**EXERCISE REQUIREMENTS**
Filter the data for "machine" and copy matching lines.

**Saved entries**
--- START ---
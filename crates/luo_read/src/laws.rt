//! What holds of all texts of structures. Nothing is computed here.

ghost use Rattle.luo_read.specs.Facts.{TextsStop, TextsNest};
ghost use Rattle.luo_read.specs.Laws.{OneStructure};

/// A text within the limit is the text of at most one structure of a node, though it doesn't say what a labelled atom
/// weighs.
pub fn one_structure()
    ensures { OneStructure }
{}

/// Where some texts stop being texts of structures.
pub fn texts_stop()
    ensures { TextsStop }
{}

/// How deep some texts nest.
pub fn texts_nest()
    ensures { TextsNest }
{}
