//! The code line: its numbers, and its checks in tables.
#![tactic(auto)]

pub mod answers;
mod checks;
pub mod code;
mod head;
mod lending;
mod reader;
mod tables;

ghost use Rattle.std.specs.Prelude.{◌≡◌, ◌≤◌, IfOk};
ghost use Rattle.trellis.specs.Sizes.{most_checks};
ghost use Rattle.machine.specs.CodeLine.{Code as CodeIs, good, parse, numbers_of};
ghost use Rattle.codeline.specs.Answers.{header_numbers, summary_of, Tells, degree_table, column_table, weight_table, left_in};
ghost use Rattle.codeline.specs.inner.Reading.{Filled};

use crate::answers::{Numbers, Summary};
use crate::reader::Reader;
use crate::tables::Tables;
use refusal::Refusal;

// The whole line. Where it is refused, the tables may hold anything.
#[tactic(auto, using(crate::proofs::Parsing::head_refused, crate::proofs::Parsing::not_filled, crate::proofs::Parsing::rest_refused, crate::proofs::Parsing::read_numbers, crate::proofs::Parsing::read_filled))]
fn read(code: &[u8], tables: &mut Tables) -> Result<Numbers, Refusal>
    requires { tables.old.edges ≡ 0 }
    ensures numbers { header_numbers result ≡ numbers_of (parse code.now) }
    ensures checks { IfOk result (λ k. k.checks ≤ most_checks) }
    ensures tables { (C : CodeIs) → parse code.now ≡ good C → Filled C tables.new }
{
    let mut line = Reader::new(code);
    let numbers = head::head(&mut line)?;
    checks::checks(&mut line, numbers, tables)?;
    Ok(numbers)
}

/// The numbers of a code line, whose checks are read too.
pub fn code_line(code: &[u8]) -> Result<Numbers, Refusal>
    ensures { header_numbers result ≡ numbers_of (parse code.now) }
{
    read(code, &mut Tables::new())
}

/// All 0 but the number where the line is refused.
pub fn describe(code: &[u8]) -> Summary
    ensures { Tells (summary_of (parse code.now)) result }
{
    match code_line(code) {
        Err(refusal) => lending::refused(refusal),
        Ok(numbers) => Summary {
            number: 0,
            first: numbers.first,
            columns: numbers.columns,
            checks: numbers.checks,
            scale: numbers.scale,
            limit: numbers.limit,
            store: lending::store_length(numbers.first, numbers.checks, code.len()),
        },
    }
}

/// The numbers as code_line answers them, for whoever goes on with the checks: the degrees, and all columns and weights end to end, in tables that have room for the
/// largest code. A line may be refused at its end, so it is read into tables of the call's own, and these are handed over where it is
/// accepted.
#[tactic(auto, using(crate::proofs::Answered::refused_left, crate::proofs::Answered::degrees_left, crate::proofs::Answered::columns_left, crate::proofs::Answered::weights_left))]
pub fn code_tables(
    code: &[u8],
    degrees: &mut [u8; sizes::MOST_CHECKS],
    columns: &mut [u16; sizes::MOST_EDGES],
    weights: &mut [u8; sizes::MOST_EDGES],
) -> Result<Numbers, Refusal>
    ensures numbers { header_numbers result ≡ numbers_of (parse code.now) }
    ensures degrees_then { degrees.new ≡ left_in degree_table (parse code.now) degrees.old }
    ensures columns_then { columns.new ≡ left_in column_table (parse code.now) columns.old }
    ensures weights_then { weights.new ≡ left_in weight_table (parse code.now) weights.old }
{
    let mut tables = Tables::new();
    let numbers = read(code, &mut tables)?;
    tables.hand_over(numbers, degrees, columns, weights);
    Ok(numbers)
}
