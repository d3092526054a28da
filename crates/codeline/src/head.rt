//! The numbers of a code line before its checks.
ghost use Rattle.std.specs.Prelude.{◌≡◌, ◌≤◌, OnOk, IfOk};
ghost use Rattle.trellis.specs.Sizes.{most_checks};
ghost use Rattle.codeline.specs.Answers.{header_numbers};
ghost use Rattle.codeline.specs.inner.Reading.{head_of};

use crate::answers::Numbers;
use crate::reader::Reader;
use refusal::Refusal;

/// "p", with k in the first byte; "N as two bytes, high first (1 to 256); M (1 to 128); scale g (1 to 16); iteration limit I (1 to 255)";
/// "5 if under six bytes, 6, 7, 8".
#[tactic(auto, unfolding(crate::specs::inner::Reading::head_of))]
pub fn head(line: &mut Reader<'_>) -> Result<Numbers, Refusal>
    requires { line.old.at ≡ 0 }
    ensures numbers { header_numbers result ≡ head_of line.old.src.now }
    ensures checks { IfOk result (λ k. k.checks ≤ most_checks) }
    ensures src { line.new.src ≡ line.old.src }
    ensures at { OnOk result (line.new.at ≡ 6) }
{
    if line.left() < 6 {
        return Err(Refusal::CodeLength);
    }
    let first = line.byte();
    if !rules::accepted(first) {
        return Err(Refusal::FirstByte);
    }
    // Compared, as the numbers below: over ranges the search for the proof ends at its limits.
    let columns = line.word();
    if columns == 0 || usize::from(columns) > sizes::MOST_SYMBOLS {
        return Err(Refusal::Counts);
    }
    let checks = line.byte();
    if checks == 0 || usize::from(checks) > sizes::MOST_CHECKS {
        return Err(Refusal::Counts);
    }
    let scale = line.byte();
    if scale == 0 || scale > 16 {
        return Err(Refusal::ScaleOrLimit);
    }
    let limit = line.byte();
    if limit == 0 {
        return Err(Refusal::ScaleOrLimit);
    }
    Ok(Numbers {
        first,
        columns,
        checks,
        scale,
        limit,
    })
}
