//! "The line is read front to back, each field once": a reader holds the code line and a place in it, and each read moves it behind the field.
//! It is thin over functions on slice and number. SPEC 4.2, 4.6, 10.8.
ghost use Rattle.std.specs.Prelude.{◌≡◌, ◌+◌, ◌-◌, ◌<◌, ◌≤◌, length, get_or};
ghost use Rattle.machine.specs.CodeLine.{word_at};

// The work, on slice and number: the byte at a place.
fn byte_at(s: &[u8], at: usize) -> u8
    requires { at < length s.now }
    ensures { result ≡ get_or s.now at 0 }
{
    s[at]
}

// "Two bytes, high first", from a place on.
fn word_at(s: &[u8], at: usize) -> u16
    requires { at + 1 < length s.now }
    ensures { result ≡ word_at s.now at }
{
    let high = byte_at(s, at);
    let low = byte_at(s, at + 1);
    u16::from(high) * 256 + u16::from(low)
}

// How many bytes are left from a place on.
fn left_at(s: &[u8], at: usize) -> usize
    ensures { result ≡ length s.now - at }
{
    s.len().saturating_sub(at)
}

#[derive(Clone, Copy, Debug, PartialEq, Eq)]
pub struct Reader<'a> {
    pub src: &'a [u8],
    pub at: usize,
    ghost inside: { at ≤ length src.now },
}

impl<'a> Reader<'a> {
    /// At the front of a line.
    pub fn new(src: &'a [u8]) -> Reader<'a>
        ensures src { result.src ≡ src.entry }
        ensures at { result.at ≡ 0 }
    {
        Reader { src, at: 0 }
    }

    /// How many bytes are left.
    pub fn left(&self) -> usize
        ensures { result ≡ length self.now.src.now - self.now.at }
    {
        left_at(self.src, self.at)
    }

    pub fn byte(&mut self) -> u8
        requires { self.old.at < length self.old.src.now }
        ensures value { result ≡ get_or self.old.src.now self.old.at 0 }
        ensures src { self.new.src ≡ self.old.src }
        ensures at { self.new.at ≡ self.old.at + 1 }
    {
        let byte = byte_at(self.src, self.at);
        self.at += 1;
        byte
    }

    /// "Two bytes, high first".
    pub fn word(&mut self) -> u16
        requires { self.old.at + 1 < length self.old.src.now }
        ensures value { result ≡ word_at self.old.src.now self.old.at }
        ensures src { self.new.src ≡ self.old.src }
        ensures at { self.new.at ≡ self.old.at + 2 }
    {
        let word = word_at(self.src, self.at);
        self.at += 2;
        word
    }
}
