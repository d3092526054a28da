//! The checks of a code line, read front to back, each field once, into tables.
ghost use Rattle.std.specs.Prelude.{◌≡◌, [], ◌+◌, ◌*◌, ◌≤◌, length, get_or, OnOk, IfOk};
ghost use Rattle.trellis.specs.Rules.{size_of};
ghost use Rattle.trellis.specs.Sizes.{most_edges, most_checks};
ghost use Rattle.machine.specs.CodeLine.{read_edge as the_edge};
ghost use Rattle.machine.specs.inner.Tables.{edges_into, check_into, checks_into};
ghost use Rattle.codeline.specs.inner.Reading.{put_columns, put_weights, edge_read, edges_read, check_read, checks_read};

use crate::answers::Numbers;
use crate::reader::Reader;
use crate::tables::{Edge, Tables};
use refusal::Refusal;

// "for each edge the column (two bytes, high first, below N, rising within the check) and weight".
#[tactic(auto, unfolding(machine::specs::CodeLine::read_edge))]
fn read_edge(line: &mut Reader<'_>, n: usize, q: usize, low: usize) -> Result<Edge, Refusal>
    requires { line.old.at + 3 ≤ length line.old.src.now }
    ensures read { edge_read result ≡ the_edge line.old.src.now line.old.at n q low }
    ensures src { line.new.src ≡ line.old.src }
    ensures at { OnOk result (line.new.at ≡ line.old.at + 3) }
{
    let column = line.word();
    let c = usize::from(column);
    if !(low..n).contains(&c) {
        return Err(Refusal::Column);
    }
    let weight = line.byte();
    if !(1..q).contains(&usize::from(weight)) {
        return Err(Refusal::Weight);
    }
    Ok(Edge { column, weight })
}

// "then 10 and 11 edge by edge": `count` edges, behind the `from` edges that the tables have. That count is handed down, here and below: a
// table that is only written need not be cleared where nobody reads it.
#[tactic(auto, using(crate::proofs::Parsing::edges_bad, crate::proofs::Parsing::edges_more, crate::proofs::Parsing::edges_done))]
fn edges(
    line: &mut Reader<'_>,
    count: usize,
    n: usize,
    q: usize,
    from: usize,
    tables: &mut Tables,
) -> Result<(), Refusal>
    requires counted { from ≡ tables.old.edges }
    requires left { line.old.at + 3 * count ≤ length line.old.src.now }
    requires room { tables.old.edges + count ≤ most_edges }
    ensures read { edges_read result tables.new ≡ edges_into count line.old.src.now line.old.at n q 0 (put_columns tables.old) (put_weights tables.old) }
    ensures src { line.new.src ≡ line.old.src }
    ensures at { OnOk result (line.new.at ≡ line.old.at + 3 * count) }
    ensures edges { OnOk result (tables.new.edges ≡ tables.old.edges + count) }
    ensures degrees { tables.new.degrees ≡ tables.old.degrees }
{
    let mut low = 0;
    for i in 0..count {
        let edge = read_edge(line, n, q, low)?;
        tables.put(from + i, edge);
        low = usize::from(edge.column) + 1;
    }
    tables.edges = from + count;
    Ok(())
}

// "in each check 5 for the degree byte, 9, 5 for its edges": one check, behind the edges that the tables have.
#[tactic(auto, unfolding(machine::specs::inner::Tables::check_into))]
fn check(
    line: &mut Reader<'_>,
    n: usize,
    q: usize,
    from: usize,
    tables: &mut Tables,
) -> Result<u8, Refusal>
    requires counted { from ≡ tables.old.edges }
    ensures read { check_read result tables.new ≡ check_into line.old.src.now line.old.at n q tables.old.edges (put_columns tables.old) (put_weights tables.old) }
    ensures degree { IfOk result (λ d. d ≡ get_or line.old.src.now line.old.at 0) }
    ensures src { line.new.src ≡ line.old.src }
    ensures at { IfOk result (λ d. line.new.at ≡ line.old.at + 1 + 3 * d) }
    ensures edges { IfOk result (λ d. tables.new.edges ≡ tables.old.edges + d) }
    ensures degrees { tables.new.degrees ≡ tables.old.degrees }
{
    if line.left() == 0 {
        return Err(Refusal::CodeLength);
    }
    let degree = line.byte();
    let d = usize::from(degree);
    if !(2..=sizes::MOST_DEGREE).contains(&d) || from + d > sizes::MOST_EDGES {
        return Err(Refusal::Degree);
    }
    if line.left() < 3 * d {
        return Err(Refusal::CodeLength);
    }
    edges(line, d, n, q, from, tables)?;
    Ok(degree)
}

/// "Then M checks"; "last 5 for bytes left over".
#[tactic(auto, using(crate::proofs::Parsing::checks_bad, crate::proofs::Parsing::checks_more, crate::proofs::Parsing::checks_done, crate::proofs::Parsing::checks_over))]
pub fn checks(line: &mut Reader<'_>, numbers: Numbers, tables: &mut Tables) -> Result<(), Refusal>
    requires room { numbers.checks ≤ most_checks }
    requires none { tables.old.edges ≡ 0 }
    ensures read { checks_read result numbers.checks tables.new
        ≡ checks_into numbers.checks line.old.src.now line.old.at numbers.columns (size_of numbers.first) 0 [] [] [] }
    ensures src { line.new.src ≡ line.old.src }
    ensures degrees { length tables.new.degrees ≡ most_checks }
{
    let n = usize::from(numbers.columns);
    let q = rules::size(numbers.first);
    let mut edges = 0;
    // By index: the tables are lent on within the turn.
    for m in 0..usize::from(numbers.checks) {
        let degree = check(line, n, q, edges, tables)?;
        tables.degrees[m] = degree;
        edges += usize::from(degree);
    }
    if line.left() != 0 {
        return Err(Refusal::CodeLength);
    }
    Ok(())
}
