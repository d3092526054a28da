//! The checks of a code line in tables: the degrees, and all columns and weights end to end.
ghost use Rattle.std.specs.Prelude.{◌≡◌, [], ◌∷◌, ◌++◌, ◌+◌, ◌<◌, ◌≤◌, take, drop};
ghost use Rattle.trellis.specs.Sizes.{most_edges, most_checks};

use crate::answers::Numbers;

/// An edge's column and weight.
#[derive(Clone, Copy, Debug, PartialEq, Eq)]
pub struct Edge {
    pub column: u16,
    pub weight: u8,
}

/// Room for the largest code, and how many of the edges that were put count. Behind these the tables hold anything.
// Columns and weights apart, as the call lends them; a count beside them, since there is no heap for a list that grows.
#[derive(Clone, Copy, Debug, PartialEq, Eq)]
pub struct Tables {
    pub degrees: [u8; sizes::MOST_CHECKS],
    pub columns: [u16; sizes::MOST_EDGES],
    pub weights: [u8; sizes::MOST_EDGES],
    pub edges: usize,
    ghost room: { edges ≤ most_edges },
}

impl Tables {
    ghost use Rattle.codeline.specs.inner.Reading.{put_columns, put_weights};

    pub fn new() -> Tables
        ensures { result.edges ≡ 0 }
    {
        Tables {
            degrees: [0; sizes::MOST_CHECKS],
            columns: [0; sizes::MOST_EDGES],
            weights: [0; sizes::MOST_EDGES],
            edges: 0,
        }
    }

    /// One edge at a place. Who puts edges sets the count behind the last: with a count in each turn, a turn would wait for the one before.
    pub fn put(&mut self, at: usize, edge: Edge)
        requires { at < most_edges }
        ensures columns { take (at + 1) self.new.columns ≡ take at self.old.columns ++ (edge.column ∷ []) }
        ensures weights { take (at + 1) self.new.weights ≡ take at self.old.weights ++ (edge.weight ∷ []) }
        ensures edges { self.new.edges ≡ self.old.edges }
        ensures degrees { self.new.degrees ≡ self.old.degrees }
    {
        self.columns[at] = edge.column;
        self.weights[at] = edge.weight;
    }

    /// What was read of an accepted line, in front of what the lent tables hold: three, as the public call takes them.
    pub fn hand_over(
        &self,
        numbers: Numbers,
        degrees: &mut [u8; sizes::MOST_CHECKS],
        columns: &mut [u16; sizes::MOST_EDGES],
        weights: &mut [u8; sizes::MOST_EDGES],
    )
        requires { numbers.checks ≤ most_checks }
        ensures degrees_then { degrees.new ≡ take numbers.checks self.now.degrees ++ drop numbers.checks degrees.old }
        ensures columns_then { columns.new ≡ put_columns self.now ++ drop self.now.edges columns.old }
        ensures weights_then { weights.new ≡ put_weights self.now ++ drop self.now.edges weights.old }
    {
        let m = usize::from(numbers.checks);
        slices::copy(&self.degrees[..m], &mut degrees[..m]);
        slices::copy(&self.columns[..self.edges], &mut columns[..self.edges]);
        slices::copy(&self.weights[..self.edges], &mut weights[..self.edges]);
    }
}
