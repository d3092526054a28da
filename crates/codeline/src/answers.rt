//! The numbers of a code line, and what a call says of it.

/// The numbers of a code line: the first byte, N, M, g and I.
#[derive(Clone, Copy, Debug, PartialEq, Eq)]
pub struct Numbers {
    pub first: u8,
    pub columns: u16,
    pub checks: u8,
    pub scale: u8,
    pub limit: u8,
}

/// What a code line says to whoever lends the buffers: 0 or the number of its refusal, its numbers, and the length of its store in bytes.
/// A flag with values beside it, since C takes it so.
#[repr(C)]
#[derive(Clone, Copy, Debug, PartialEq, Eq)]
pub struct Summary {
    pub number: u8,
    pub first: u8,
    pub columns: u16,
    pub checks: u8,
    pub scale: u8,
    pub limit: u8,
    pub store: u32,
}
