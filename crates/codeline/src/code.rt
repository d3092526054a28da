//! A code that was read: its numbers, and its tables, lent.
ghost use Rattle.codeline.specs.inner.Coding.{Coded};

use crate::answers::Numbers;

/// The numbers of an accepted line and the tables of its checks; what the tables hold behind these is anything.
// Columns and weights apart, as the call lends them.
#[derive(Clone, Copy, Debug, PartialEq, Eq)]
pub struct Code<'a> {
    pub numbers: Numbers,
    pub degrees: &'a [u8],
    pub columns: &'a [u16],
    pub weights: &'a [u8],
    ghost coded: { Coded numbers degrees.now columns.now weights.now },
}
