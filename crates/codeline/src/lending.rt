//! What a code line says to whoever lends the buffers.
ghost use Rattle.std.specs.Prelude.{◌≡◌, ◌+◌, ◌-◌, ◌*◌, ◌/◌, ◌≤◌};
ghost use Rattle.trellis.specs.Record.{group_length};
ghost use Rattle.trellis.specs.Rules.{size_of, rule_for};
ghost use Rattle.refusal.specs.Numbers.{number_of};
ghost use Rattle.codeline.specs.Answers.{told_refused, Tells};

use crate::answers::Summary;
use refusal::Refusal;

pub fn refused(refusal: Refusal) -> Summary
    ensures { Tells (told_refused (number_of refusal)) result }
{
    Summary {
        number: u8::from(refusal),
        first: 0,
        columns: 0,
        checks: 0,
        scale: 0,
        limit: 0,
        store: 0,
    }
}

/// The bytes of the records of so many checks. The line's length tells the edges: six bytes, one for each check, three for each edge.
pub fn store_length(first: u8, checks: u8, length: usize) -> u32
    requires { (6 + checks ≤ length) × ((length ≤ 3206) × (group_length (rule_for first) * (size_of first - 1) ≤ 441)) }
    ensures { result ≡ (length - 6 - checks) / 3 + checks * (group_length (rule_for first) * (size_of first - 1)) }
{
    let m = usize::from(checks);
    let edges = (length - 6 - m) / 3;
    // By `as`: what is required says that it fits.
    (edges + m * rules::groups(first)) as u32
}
--- END ---
**WRITTEN ANSWER**
ghost use Rattle.machine.specs.CodeLine.{Code as CodeIs, good, parse, numbers_of};
ghost use Rattle.machine.specs.CodeLine.{word_at};
ghost use Rattle.machine.specs.CodeLine.{read_edge as the_edge};
ghost use Rattle.machine.specs.inner.Tables.{edges_into, check_into, checks_into};
#[tactic(auto, unfolding(machine::specs::CodeLine::read_edge))]
#[tactic(auto, unfolding(machine::specs::inner::Tables::check_into))]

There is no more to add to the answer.